We can look at the names of the collections in the database:

In [None]:
accidents_db.list_collection_names()

We will introduce some of the different collections in the rest of the materials, but let's start with the `accidents` collection:

In [None]:
accidents_collection=accidents_db['accidents']

This collection contains information on individual accidents.

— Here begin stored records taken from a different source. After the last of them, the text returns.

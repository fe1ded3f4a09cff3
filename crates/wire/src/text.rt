//! The texts of lines that were read.

ghost use Rattle.std.specs.Prelude.{◌≡◌, IfOk};

use ft_types::Memory;
use std::alloc::Global;
use std::marker::Model;
use std::result::Result;

/// The text of a line that was read, without its line feed. Contracts see its bytes.
#[derive(Drop)]
pub struct LineText {
    bytes: Vec<u8>,
}

impl Model for LineText {
    ghost use Rattle.std.specs.Prelude.{ℕ, List};

    ghost Value = { List ℕ };

    ghost view = { λ t. t.bytes.items };
}

impl LineText {
    /// These bytes.
    pub(crate) fn of(alloc: Global, bytes: &[u8]) -> Result<LineText, Memory>
        ensures { IfOk result (λ text. text ≡ bytes.now) }
    {
        Ok(LineText {
            bytes: bytes.to_vec(alloc)?,
        })
    }

    /// Its bytes.
    pub fn as_slice(&self) -> &[u8]
        ensures { result.now ≡ self.now }
    {
        self.bytes.as_slice()
    }
}
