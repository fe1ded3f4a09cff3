//! Readers and writers that tell their bytes where they can, and count their failures.

ghost use Rattle.std.specs.Prelude.{◌≡◌, ℕ, ◌+◌, ◌%◌, ◌^◌, ◌<◌, ◌≤◌, List, Option, length, take, IfOk, IfErr};
ghost use Rattle.std.specs.Io.KnownBytes.{Appends, Consumes, IsAtEnd};
ghost use Rattle.ft_types.specs.Devices.{Writes, IsOneMore};

use crate::errors::Failed;
use std::result::Result;

/// A reader.
pub trait Source {
    // The bytes that are left, where the reader tells them.
    ghost left: { Self → Option (List ℕ) };

    // How often the reader failed, going round at 2 ^ 64.
    ghost failures: { Self → ℕ };

    /// Moves the next bytes to the front of the piece, and says how many: none only at the end or for an empty piece.
    fn read(&mut self, piece: &mut [u8]) -> Result<usize, Failed>
        ensures at_most { IfOk result (λ n. n ≤ length piece.new) }
        ensures taken { IfOk result (λ n. Consumes (left self.old) (left self.new) (take n piece.new) × (failures self.new ≡ failures self.old)) }
        ensures end { IfOk result (λ n. n ≡ 0 → 0 < length piece.new → IsAtEnd (left self.new)) }
        ensures failed { IfErr result (λ _. (left self.new ≡ left self.old) × IsOneMore (failures self.old) (failures self.new)) };
}

/// A writer.
pub trait Sink {
    // The bytes written so far, where the writer tells them.
    ghost bytes: { Self → Option (List ℕ) };

    // How often the writer failed, going round at 2 ^ 64.
    ghost failures: { Self → ℕ };

    /// Takes a beginning of the piece, and says how many bytes that is: none only for an empty piece.
    fn write(&mut self, piece: &[u8]) -> Result<usize, Failed>
        ensures at_most { IfOk result (λ n. n ≤ length piece.now) }
        ensures some { 0 < length piece.now → IfOk result (λ n. 0 < n) }
        ensures taken { IfOk result (λ n. Appends (bytes self.old) (bytes self.new) (take n piece.now) × (failures self.new ≡ failures self.old)) }
        ensures failed { IfErr result (λ _. (bytes self.new ≡ bytes self.old) × IsOneMore (failures self.old) (failures self.new)) };
}

/// Writes the whole piece, or a beginning of it where the writer fails.
pub fn write_all<W: Sink>(out: &mut W, piece: &[u8]) -> Result<(), Failed>
    ensures { Writes result (W.bytes out.old) (W.bytes out.new) (W.failures out.old) (W.failures out.new) piece.now }
{
    let mut rest = piece;
    while rest.len() > 0 {
        let count = out.write(rest)?;
        rest = &rest[count..];
    }
    Ok(())
}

We can see how many examples it contains with the `.count_documents()` method:

In [None]:
accidents_collection.count_documents({})

We will also specify the `labels` collection:

In [None]:
labels=accidents_db['labels']

We'll be plotting some charts, so increase the default plot size to make things easier to read:

In [None]:
# Set a larger plot size than the default
sns.set(rc={'figure.figsize':(11.7,8.27)})

## Plotting some accidents

To start with, let's just plot some accidents on the map to see how it's done.

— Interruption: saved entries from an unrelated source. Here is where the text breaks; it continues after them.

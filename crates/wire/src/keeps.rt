//! Whose files they are: `keeps K KEEPERS NEED PAIR INODE BORN INODE BORN S`, the first line of a file of fences, of keeper K of the pair, which
//! says which file its log is, and then which it is itself.

ghost use Rattle.std.specs.Prelude.{◌≡◌, ◌↔◌, ℕ, ◌+◌, ◌≤◌, ◌++◌, ◌∷◌, List, length, IfSome, IfNone, Some};
ghost use Rattle.ft_types.specs.Text.{line};
ghost use Rattle.wire.specs.Fields.{spelling};
ghost use Rattle.wire.specs.Pairs.{IsInode, IsKeeps, HasKeeps, SaysKeeps, inode_fields, keeps_text};
ghost use Rattle.wire.specs.declared.keeps.Inode.{Inode as inode_of_specs};
ghost use Rattle.wire.specs.declared.keeps.Keeps.{Keeps as keeps_of_specs};

use crate::fields::Fields;
use crate::line::{LINE_LIMIT, Line};
use crate::long_words::{push_long_word, take_long_word};
use crate::pairs::{Pair, push_pair, take_pair};
use crate::seals::{read_sealed, seal_line};
use ft_types::{Guest, Keeper};

/// A file as its file system knows it, under whatever name.
#[derive(Clone, Copy, PartialEq, Eq)]
pub struct Inode {
    /// Its number, which a later file may get once it is gone.
    pub number: u64,
    /// When it was made, in nanoseconds since 1970, by which it is told from that; 0 where that is not told.
    pub born: u64,
}

/// Whose files they are.
#[derive(Clone, Copy, PartialEq, Eq)]
pub struct Keeps {
    /// The keeper, which is one of the pair's.
    pub keeper: Keeper,
    /// Its pair.
    pub pair: Pair,
    /// Its log.
    pub log: Inode,
    /// Its fences, of which this is the first line.
    pub fences: Inode,
}

/// Adds the fields of a file behind a space.
fn push_inode(text: &mut Line, inode: &Inode)
    requires { length text.old + 34 ≤ LINE_LIMIT }
    ensures bytes { text.new ≡ text.old ++ 32 ∷ spelling (inode_fields inode.now) }
    ensures len { length text.new ≡ length text.old + 34 }
{
    push_long_word(text, inode.number);
    push_long_word(text, inode.born);
}

/// The line that says whose files they are.
pub fn keeps_line(guest: &Guest, keeps: &Keeps) -> Line
    ensures { result ≡ line (keeps_text guest.now keeps.now) }
{
    let mut text = Line::new();
    text.push(b"keeps");
    text.push_number(u64::from(keeps.keeper.number()));
    push_pair(&mut text, &keeps.pair);
    push_inode(&mut text, &keeps.log);
    push_inode(&mut text, &keeps.fences);
    seal_line(guest, text)
}

/// Takes the next fields, which are those of a file.
fn take_inode(fields: &mut Fields<'_>) -> Option<Inode>
    ensures found { IfSome result (λ i. IsInode i × (fields.old ≡ inode_fields i ++ fields.new)) }
    ensures none { IfNone result ((i : inode_of_specs) (rest : List (List ℕ)) → IsInode i → fields.old ≡ inode_fields i ++ rest → ⊥) }
{
    let number = take_long_word(fields)?;
    let born = take_long_word(fields)?;
    Some(Inode { number, born })
}

/// Whose files they are by the fields behind the name.
fn keeps_of(mut fields: Fields<'_>) -> Option<Keeps>
    ensures found { IfSome result (λ k. HasKeeps fields.entry k) }
    ensures none { IfNone result ((k : keeps_of_specs) → HasKeeps fields.entry k → ⊥) }
{
    let keeper = fields.take_keeper()?;
    let pair = take_pair(&mut fields)?;
    let log = take_inode(&mut fields)?;
    let fences = take_inode(&mut fields)?;
    if fields.is_done() && keeper.number() < pair.quorum.keepers() {
        Some(Keeps {
            keeper,
            pair,
            log,
            fences,
        })
    } else {
        None
    }
}

/// Whose files they are by a line's text.
pub fn read_keeps(guest: &Guest, text: &[u8]) -> Option<Keeps>
    ensures exact { (k : keeps_of_specs) → (result ≡ Some k) ↔ SaysKeeps guest.now text.now k }
{
    let fields = read_sealed(guest, b"keeps", text)?;
    keeps_of(fields)
}
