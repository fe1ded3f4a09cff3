//! What holds of files of fences.

ghost use Rattle.std.specs.Prelude.{◌≡◌, ℕ, ◌++◌, List, max};
ghost use Rattle.ft_types.specs.Guests.{GuestParts};
ghost use Rattle.wire.specs.Fences.{IsLastFence, added_fence};
ghost use Rattle.wire.specs.Values.{IsTerm};

/// Whatever bytes a file of fences has, it has one last fence, and a fence that is added makes that the greater of the two.
pub fn fence_is_added()
    ensures one { (guest : GuestParts) (bytes : List ℕ) (last other : ℕ) → IsLastFence guest bytes last → IsLastFence guest bytes other →
        last ≡ other }
    ensures added { (guest : GuestParts) (bytes : List ℕ) (last t : ℕ) → IsTerm t → IsLastFence guest bytes last →
        IsLastFence guest (bytes ++ added_fence guest t) (max t last) }
{}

To plot a location, we need to get some location information.

Review a single record from the accidents database to see whether there is any data we can use:

In [None]:
accidents_collection.find_one({})

There are various bits of information we could use to locate an accident.
    
For example, the `LSOA_of_Accident_Location` identifies the lesser super output area (LSOA) code for the geographical area in which the accident took place, which would allow use to generate something like a choropleth map identifying the number of accidents in a particular area.

For more detail, however, the OSGR Northing (`Location_Northing_OSGR`) and Easting (`Location_Easting_OSGR`) (Ordnance Survey Grid Reference), as well as the `Latitude` and `Longitude` co-ordinates, both provide us with a more exact location.

At the bottom of the document, the `loc` attribute also has a `coordinates` field returning a list that contains the latitude and longitude values rather more conveniently as a pair. (The `Point` type reference identifies the co-ordinates as a pair of values that can be used to represent a single, specific location.)

As many mapping tools work directly with latitude and longitude, let's use those.

We can grab them easily enough from an accidents document by projecting a query response onto the `loc.coordinates` field:

In [None]:
accidents_collection.find_one({}, ['loc.coordinates'])

You may recall from Part 5 how the `folium` library can be used to generate interactive maps overlaid with markers of various sorts.

The code in the following code cell will generate a map centered on a provided location at a specified zoom level using a selection of "randomly" selected accident locations.

The `NUMBER_OF_ACCIDENTS` variable determines the number of accidents retrieved from the database, and the hence the locations we'll be trying to plot on the map.

Try running the cell several times using an increasing `NUMBER_OF_ACCIDENTS` and observe what happens. At some point, you may find your browser becomes rather sluggish as it tries to cope with the number of markers you are trying to plot. (If it does, restart the notebook kernel from the notebook `Kernel` menu.)

In [None]:
NUMBER_OF_ACCIDENTS = 100

m = folium.Map(location=[50, -3], width=500,
               height=800, zoom_start=5)

for a in accidents_collection.find({}, ['loc.coordinates'],
                        limit=NUMBER_OF_ACCIDENTS):
    
    folium.Marker(location=[a['loc']['coordinates'][1],
                            a['loc']['coordinates'][0]]).add_to(m)
    
m

In general, depending on which accidents MongoDB picks, you may need to move and zoom the map to see the points.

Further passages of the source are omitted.